RECORDS SHOWN –
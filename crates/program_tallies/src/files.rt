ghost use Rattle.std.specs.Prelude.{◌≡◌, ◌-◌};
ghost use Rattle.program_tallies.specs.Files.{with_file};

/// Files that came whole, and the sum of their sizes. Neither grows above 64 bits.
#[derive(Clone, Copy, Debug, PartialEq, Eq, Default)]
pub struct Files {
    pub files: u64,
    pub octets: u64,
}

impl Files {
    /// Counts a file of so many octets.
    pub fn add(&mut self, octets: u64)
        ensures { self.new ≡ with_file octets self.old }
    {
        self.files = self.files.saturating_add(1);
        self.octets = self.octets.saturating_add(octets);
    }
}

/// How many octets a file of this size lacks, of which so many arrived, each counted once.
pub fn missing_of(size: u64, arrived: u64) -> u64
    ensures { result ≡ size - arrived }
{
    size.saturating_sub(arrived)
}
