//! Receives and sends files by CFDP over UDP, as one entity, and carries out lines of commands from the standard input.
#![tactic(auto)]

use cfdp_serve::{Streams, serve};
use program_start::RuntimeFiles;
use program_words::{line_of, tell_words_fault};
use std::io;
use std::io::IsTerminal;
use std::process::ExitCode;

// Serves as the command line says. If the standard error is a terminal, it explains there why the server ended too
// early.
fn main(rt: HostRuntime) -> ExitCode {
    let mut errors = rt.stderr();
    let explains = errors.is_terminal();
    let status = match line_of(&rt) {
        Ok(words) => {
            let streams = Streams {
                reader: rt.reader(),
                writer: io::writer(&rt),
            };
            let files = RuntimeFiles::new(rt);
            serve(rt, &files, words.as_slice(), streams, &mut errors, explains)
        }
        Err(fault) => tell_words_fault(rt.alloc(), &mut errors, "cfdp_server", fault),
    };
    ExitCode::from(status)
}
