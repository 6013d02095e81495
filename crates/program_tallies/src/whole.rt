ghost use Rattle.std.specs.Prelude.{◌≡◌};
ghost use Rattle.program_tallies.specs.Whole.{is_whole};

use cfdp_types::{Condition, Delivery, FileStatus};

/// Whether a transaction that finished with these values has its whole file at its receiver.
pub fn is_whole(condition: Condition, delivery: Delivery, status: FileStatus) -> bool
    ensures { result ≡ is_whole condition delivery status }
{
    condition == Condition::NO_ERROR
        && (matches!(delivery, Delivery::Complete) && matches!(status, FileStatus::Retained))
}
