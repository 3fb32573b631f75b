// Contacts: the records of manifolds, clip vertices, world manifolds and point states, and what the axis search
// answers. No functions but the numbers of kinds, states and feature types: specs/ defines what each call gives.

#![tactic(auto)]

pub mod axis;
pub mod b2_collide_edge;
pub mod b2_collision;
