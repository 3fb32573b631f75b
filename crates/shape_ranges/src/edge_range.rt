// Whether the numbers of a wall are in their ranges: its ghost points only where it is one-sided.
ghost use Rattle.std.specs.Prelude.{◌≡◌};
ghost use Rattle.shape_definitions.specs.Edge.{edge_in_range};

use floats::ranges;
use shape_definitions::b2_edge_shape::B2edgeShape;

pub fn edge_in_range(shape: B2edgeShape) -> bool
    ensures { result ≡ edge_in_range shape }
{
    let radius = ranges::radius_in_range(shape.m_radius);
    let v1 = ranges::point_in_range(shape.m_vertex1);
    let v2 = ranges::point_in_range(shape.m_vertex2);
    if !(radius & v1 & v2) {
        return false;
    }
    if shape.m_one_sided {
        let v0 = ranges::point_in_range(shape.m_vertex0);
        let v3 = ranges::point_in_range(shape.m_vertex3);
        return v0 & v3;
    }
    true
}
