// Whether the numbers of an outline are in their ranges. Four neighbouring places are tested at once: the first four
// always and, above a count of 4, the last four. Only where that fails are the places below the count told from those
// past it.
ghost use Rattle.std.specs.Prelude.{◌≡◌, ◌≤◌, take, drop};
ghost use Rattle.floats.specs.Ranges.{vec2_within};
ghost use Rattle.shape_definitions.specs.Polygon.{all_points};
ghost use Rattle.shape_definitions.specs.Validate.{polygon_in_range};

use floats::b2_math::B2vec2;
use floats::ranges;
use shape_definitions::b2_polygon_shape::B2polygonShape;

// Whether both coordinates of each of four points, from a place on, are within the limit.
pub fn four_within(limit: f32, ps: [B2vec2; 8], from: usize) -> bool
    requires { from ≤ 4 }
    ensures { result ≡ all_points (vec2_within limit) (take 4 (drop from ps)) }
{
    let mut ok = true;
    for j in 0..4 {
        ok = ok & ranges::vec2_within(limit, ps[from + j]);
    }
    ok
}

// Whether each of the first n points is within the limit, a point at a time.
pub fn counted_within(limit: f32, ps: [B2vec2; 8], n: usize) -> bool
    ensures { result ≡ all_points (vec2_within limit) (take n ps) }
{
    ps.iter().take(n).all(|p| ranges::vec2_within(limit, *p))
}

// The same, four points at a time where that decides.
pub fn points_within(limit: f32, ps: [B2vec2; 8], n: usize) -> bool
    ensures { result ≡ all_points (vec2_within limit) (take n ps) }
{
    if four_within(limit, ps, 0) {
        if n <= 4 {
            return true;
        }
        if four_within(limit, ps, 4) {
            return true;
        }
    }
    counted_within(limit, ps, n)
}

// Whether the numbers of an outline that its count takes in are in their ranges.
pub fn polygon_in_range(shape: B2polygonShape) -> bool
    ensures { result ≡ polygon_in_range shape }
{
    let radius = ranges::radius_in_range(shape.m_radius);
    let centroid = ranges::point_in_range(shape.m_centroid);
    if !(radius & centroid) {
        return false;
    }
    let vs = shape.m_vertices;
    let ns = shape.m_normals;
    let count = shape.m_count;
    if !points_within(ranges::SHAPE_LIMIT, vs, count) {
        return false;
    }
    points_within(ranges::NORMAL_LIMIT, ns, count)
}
==
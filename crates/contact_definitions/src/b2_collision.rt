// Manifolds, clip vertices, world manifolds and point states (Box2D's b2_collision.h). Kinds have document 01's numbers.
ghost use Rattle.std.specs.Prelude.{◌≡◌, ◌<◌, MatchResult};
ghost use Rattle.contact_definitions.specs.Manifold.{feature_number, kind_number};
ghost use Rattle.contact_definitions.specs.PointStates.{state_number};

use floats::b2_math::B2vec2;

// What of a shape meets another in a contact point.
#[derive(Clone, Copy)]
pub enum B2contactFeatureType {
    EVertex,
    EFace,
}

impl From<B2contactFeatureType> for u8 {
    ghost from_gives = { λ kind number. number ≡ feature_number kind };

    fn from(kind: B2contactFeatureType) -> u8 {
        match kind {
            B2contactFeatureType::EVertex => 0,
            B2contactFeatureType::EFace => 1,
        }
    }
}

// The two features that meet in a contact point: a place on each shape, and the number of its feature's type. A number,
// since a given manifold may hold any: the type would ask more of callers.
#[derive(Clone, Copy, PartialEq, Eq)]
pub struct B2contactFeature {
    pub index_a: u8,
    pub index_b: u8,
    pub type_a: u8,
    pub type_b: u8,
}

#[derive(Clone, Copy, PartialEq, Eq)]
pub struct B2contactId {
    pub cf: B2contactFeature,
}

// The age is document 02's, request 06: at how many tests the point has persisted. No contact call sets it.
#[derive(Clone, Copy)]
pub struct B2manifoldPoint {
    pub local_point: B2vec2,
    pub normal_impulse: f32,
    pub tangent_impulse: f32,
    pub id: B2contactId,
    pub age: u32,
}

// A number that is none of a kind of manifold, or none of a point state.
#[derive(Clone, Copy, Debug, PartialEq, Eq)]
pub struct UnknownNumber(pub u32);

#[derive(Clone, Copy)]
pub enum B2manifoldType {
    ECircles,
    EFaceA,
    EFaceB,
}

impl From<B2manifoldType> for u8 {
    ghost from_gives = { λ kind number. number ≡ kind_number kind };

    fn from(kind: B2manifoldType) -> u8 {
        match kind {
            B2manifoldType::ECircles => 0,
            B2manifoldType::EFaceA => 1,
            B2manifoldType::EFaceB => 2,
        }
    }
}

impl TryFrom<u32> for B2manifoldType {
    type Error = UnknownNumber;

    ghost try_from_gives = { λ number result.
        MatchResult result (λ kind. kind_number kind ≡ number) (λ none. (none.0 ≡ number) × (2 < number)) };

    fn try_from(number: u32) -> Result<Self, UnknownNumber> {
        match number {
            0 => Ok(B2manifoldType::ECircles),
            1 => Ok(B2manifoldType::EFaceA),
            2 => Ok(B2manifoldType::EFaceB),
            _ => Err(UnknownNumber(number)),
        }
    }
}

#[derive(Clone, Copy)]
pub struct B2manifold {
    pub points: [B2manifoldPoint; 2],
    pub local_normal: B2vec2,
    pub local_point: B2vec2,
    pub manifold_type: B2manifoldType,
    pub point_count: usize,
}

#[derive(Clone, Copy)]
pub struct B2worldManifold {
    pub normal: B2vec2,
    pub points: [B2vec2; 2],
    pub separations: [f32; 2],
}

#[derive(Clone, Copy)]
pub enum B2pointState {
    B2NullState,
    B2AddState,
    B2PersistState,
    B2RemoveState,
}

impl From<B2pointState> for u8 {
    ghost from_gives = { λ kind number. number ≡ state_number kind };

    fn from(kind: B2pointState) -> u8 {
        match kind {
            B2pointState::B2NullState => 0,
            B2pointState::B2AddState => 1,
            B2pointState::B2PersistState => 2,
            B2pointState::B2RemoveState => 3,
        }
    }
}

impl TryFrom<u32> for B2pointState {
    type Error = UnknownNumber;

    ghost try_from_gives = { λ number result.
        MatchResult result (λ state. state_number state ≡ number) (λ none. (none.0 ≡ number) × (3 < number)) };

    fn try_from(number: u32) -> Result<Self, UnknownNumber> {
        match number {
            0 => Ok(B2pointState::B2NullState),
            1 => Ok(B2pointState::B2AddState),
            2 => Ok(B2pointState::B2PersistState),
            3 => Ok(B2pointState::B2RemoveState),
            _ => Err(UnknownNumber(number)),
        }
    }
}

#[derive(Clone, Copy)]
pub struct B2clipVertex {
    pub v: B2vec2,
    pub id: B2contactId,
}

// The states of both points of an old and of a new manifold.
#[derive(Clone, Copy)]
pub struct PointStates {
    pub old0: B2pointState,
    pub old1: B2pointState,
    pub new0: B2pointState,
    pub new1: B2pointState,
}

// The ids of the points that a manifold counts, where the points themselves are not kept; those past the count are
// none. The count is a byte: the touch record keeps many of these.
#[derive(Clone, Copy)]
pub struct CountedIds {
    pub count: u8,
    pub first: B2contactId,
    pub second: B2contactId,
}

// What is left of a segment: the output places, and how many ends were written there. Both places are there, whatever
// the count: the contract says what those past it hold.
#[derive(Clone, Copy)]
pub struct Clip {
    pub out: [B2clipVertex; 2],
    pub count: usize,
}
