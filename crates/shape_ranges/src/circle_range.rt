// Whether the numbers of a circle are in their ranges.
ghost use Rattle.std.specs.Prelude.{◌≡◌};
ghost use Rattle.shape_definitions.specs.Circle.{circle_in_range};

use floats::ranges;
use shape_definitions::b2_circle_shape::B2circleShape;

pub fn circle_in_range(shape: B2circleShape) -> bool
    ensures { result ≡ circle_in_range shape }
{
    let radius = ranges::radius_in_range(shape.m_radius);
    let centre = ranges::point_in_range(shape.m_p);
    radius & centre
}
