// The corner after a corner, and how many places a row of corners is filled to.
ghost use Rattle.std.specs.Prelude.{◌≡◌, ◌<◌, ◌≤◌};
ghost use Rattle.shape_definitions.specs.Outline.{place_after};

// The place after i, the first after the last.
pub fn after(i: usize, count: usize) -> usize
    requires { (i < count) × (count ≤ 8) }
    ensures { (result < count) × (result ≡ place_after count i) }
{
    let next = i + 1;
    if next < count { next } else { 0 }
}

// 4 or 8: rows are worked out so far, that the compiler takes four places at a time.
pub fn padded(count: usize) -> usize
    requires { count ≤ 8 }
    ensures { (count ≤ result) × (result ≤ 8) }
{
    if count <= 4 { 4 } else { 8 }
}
--
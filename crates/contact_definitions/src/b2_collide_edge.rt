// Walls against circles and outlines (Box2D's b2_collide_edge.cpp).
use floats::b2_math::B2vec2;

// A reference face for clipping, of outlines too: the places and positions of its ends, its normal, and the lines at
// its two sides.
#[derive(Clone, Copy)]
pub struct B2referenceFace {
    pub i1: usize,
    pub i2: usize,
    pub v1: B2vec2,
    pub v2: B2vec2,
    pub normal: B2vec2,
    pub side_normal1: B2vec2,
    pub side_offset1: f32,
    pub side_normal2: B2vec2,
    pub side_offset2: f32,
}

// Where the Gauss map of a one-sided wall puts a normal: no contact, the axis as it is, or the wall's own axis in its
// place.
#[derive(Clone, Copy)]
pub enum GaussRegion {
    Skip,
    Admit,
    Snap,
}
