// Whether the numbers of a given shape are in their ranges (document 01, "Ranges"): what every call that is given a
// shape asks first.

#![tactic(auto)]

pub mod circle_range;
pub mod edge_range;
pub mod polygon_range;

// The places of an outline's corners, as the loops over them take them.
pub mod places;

WORK REQUIRED – Only one part of the material above is to be transcribed, namely the lines starting with the line that has "filename crates/program_tallies/src/files.rt" and going on through the line that has "let files = RuntimeFiles::new(rt);", exactly as they stand.

FINISHED EXERCISE –
filename crates/program_tallies/src/files.rt
ghost use Rattle.std.specs.Prelude.{◌≡◌, ◌-◌};
ghost use Rattle.program_tallies.specs.Files.{with_file};

/// Files that came whole, and the sum of their sizes. Neither grows above 64 bits.
#[derive(Clone, Copy, Debug, PartialEq, Eq, Default)]
pub struct Files {
    pub files: u64,
    pub octets: u64,
}

impl Files {
    /// Counts a file of so many octets.
    pub fn add(&mut self, octets: u64)
        ensures { self.new ≡ with_file octets self.old }
    {
        self.files = self.files.saturating_add(1);
        self.octets = self.octets.saturating_add(octets);
    }
}

/// How many octets a file of this size lacks, of which so many arrived, each counted once.
pub fn missing_of(size: u64, arrived: u64) -> u64
    ensures { result ≡ size - arrived }
{
    size.saturating_sub(arrived)
}
//! Receives and sends files by CFDP over UDP, as one entity, and carries out lines of commands from the standard input.
#![tactic(auto)]

use cfdp_serve::{Streams, serve};
use program_start::RuntimeFiles;
use program_words::{line_of, tell_words_fault};
use std::io;
use std::io::IsTerminal;
use std::process::ExitCode;

// Serves as the command line says. If the standard error is a terminal, it explains there why the server ended too
// early.
fn main(rt: HostRuntime) -> ExitCode {
    let mut errors = rt.stderr();
    let explains = errors.is_terminal();
    let status = match line_of(&rt) {
        Ok(words) => {
            let streams = Streams {
                reader: rt.reader(),
                writer: io::writer(&rt),
            };
            let files = RuntimeFiles::new(rt);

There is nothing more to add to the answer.